== DATA EXCERPTS

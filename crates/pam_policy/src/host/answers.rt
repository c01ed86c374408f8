//! What the modules of a stack may answer.

ghost use Rattle.std.specs.Prelude.{◌≡◌, ◌≢◌, ℕ, [], IfErr, IfSome, IsTrue, List, map, unwrap_or};
ghost use Rattle.pam_conf.specs.ItemsOf.{module_text};
ghost use Rattle.pam_conf.specs.Stack.{module_count};
ghost use Rattle.pam_facts.specs.Answers.{Allows};
ghost use Rattle.pam_facts.specs.known.Knowledge.{Agree, Knows};
ghost use Rattle.pam_facts.specs.known.Reads.{IsOfRead, tables_read};
ghost use Rattle.pam_facts.specs.known.Tables.{tables_view};
ghost use Rattle.pam_facts.specs.settings.Settings.{setting_view};
ghost use Rattle.pam_paths.specs.Known.{may_answer};
ghost use Rattle.pam_policy.specs.host.Answers.{answers_of, codes_set, set_at, sets};
ghost use Rattle.pam_policy.specs.host.Sources.{sources_view};

use crate::host::checkers::set_checked;
use crate::host::stacks::HostSources;
use pam_codes::CodeSet;
use pam_conf::{Kind, Module, Stack};
use pam_facts::known::{KnownError, known_answers, name_of_path};
use pam_facts::settings::Setting;
use pam_facts::{replace_codes, set_missing};
use pam_paths::{Knowledge, Known};
use pam_tables::Login;
use std::alloc::Global;

/// Whether a setting sets codes for the modules of a name.
fn sets(name: &[u8], setting: &Setting<'_>) -> bool
    ensures { result ≡ sets name.now (setting_view setting.now) }
{
    setting.codes.len() != 0 && setting.key.as_bytes() == name
}

/// The codes that are set for the modules of a name.
fn codes_set(name: &[u8], settings: &[Setting<'_>]) -> Option<CodeSet>
    ensures codes { result ≡ codes_set name.now (map setting_view settings.now) }
    ensures some { IfSome result (λ codes. codes ≢ []) }
{
    let mut found = None;
    for setting in settings {
        if sets(name, setting) {
            found = Some(setting.codes);
        }
    }
    found
}

/// The codes that are set for the module of a number.
#[tactic(auto, unfolding(crate::specs::host::Answers::set_at))]
fn set_at(settings: &[Setting<'_>], stack: &Stack, number: usize) -> Option<CodeSet>
    ensures codes { result ≡ set_at (map setting_view settings.now) stack.now number }
    ensures some { IfSome result (λ codes. codes ≢ []) }
{
    match stack.module(number) {
        Some(module) => codes_set(name_of_path(&module.path), settings),
        None => None,
    }
}

/// Sets the codes of the modules for which codes are set.
fn set_codes(settings: &[Setting<'_>], stack: &Stack, known: &mut Known)
    ensures { (base : ℕ → List ℕ) → Allows (module_count stack.now) known.old base → Allows (module_count stack.now) known.new
        (λ number. unwrap_or (set_at (map setting_view settings.now) stack.now number) (base number)) }
{
    for index in 0..stack.modules() {
        replace_codes(known, index + 1, set_at(settings, stack, index + 1));
    }
}

/// What the modules of the stack of a service may answer: what is set for one comes before what the tables and the facts say, and that it
/// is not there before both. One that checks does not answer `ignore` by the facts, in `auth`. The fault is that of `known_answers`.
pub(crate) fn known_at(
    alloc: Global,
    sources: &HostSources<'_>,
    name: &[u8],
    kind: Kind,
    stack: &Stack,
) -> Result<Known, KnownError>
    ensures known { Knows (module_count stack.now) result (answers_of (sources_view sources.now) name.now kind stack.now) }
    ensures read { IfErr result (IsOfRead (tables_read kind (tables_view sources.now.tables.now) stack.now)) }
{
    let visitor = sources.visitor;
    let login = Login {
        user: visitor.user,
        service: name,
        tty: visitor.tty,
        rhost: visitor.rhost,
    };
    let mut known = known_answers(alloc, stack, kind, &login, sources.tables)?;
    set_checked(alloc, sources.tables, kind, stack, &mut known)?;
    set_codes(sources.settings, stack, &mut known);
    set_missing(sources.tables.there, stack, &mut known);
    Ok(known)
}

fn are_same_codes(one: CodeSet, other: CodeSet) -> bool
    ensures { IsTrue result → one ≡ other }
{
    // A set says with its length that its codes are in order.
    let _one = one.len();
    let _other = other.len();
    one == other
}

/// Whether each of the modules of a stack with this many may answer the same.
pub(crate) fn are_same_answers(one: &Known, other: &Known, modules: usize) -> bool
    ensures { IsTrue result → Agree modules (may_answer one.now) (may_answer other.now) }
{
    for index in 0..modules {
        if !are_same_codes(one.allowed(index + 1), other.allowed(index + 1)) {
            return false;
        }
    }
    true
}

====

**WORK TASK**
Every line of the entries above that includes "base" should be copied.

**COMPLETED TASK**
    ensures { (base : ℕ → List ℕ) → Allows (module_count stack.now) known.old base → Allows (module_count stack.now) known.new
        (λ number. unwrap_or (set_at (map setting_view settings.now) stack.now number) (base number)) }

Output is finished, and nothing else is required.